- [EXTRACTED MATERIAL]:
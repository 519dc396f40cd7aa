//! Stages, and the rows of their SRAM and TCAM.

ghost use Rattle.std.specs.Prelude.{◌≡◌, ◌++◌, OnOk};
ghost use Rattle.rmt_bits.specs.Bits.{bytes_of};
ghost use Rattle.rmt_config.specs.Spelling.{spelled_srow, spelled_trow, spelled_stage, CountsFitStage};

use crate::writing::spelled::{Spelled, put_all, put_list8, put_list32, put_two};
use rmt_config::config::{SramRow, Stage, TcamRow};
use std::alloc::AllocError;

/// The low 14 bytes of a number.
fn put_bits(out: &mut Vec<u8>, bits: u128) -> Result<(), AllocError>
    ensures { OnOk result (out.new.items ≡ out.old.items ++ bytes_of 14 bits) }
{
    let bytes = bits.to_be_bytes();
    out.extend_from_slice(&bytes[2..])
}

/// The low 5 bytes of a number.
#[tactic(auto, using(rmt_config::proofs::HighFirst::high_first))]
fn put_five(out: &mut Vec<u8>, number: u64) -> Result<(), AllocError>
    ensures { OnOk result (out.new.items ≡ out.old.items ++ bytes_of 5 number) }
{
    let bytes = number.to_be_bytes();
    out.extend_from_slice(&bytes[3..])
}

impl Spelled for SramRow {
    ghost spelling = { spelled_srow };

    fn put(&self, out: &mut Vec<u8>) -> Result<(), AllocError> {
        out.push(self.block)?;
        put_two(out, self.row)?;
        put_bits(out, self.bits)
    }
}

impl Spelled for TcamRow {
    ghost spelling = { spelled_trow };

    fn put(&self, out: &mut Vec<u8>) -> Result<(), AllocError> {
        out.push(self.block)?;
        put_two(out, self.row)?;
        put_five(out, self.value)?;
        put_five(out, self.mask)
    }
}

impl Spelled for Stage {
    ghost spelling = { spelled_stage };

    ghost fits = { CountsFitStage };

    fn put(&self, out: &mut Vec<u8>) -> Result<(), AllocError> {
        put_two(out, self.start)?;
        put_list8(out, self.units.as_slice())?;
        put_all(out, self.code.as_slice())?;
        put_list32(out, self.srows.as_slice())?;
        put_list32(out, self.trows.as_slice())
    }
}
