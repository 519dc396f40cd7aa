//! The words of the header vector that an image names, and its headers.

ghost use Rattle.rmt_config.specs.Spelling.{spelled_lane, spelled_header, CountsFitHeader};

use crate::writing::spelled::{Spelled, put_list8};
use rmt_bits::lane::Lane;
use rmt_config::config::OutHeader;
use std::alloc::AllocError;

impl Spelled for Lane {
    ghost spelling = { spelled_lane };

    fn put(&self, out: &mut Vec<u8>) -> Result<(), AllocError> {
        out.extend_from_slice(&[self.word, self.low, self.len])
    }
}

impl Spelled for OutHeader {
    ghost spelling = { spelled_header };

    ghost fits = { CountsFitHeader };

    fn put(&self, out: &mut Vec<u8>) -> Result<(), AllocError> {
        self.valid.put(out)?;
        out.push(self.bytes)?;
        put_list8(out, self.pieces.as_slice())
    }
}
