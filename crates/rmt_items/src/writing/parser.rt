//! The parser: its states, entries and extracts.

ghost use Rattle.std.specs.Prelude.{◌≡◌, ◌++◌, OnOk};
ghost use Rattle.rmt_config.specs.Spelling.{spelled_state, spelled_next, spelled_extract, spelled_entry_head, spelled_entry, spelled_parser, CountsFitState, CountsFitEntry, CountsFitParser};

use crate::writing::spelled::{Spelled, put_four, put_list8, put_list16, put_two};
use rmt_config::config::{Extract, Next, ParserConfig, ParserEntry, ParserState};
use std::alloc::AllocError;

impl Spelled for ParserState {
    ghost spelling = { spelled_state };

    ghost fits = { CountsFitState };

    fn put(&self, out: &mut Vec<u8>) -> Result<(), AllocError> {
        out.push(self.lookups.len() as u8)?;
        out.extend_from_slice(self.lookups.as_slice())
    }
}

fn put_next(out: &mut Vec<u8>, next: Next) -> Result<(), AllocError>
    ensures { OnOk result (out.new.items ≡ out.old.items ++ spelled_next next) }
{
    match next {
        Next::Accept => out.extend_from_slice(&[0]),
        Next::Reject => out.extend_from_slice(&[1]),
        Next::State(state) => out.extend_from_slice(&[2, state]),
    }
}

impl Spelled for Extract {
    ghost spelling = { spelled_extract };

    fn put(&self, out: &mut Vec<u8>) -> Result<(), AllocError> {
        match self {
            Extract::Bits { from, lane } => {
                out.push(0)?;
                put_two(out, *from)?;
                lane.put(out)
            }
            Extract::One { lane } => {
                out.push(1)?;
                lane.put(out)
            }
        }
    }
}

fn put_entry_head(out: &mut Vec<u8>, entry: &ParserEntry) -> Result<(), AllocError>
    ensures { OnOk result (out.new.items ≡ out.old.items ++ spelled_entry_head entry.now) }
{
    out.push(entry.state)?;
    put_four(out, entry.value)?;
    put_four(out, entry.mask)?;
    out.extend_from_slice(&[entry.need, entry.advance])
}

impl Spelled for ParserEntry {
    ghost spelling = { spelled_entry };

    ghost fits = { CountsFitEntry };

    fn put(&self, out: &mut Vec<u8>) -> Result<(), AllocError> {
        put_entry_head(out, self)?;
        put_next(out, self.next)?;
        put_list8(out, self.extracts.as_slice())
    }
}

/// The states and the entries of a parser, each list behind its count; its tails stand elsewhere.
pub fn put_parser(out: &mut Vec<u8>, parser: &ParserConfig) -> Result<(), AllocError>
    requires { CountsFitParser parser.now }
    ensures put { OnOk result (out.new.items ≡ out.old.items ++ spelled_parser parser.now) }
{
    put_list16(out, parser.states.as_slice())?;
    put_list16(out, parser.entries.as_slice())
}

- [WORK INSTRUCTION]:
For the records above, state how many lines include "TcamRow", giving no more than the number.

- [SOLUTION FOR THIS PROBLEM]:
2